WORK REQUEST:
Find every line below that contains the word "OnErr" and copy it out.

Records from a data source
--- START ---
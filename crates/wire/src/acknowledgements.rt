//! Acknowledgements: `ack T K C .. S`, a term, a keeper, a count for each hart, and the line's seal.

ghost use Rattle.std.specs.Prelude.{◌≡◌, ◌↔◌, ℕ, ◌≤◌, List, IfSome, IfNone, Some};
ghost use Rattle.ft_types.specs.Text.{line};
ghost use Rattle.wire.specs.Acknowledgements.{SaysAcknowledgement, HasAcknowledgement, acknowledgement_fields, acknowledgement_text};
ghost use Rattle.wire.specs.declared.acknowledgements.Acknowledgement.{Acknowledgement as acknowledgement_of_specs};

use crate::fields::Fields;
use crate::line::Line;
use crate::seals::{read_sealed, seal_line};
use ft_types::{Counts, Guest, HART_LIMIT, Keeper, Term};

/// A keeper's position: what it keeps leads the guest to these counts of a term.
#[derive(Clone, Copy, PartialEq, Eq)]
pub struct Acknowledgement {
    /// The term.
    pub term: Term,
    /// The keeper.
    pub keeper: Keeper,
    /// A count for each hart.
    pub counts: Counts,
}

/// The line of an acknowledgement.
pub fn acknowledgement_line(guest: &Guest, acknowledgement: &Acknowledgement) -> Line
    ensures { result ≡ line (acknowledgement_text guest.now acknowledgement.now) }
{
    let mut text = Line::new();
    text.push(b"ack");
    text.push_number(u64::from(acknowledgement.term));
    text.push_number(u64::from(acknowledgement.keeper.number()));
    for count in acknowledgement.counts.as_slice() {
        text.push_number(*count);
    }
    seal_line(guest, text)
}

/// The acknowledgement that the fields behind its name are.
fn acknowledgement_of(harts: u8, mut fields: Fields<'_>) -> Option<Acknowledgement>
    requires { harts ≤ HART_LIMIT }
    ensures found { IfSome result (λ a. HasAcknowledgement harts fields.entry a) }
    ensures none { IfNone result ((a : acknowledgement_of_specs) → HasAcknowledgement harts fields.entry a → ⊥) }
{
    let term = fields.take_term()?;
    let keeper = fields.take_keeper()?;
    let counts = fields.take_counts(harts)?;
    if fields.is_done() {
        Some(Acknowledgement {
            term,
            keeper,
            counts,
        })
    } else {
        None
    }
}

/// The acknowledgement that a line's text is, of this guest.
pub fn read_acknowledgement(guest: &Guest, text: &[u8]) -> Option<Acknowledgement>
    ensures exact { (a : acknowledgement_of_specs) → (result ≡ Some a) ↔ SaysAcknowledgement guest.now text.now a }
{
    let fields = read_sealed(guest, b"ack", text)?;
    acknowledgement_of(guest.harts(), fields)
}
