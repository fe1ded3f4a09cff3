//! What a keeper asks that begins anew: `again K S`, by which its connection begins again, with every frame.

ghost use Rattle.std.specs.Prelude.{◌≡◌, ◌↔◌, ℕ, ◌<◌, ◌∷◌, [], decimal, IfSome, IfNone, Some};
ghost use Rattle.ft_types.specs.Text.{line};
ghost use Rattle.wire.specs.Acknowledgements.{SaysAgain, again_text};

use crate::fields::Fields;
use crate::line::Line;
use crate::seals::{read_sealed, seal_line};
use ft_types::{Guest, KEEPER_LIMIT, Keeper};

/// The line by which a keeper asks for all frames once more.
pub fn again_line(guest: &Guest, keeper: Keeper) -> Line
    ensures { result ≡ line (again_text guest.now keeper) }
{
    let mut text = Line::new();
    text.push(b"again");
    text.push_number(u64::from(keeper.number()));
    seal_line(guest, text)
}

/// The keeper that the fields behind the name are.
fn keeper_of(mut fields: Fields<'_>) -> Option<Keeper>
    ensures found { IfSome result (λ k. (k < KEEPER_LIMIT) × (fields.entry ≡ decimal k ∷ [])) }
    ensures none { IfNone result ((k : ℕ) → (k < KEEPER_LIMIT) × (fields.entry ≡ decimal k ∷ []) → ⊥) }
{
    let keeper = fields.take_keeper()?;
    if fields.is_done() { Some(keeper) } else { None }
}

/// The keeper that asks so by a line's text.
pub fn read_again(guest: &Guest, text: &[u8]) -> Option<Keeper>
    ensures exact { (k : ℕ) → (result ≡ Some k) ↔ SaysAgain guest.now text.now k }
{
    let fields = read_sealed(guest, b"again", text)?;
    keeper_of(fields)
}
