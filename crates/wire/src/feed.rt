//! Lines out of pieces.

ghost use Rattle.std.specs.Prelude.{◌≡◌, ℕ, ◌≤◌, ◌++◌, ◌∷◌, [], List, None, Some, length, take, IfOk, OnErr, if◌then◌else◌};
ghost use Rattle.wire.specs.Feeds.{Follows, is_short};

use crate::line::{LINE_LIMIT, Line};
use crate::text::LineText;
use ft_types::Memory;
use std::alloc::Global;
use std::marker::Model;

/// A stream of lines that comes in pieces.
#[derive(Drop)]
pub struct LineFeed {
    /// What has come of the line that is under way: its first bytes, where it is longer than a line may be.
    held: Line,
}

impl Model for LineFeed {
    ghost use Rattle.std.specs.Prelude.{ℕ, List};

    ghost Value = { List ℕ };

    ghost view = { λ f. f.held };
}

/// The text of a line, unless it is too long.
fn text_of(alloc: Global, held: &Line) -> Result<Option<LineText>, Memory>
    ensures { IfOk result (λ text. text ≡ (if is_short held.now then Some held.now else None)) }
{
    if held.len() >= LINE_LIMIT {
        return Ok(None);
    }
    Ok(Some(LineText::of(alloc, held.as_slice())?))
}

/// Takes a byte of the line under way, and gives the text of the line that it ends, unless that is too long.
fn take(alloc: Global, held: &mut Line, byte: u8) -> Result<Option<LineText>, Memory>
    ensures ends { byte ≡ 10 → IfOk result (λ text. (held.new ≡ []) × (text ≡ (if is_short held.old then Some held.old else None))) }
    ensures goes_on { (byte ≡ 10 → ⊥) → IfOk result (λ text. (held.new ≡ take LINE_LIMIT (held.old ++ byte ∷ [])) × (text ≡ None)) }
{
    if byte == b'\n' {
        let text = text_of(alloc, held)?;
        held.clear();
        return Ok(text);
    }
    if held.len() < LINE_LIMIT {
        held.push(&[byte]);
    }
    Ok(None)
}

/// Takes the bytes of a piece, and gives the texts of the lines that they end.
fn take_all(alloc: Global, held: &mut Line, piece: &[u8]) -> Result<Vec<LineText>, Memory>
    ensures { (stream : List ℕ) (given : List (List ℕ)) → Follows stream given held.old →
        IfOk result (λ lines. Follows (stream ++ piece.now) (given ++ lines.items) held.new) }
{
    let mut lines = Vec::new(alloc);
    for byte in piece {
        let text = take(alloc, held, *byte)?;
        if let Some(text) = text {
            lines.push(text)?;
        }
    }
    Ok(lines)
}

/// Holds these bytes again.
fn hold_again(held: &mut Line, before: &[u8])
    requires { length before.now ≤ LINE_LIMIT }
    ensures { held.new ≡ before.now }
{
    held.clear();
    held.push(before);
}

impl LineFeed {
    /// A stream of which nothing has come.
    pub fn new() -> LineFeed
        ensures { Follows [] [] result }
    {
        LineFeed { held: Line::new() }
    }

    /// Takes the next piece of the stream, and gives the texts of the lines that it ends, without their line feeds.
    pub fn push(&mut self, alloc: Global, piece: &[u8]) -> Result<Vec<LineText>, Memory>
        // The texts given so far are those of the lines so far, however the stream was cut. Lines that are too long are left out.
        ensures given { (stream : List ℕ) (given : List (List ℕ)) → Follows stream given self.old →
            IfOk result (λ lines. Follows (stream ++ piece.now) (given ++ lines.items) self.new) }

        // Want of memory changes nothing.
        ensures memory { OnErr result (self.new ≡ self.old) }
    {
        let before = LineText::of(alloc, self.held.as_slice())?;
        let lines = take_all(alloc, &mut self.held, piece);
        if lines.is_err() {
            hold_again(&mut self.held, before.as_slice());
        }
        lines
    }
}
--- END ---
WRITTEN SOLUTION:
ghost use Rattle.std.specs.Prelude.{◌≡◌, ℕ, ◌≤◌, ◌++◌, ◌∷◌, [], List, None, Some, length, take, IfOk, OnErr, if◌then◌else◌};
        ensures memory { OnErr result (self.new ≡ self.old) }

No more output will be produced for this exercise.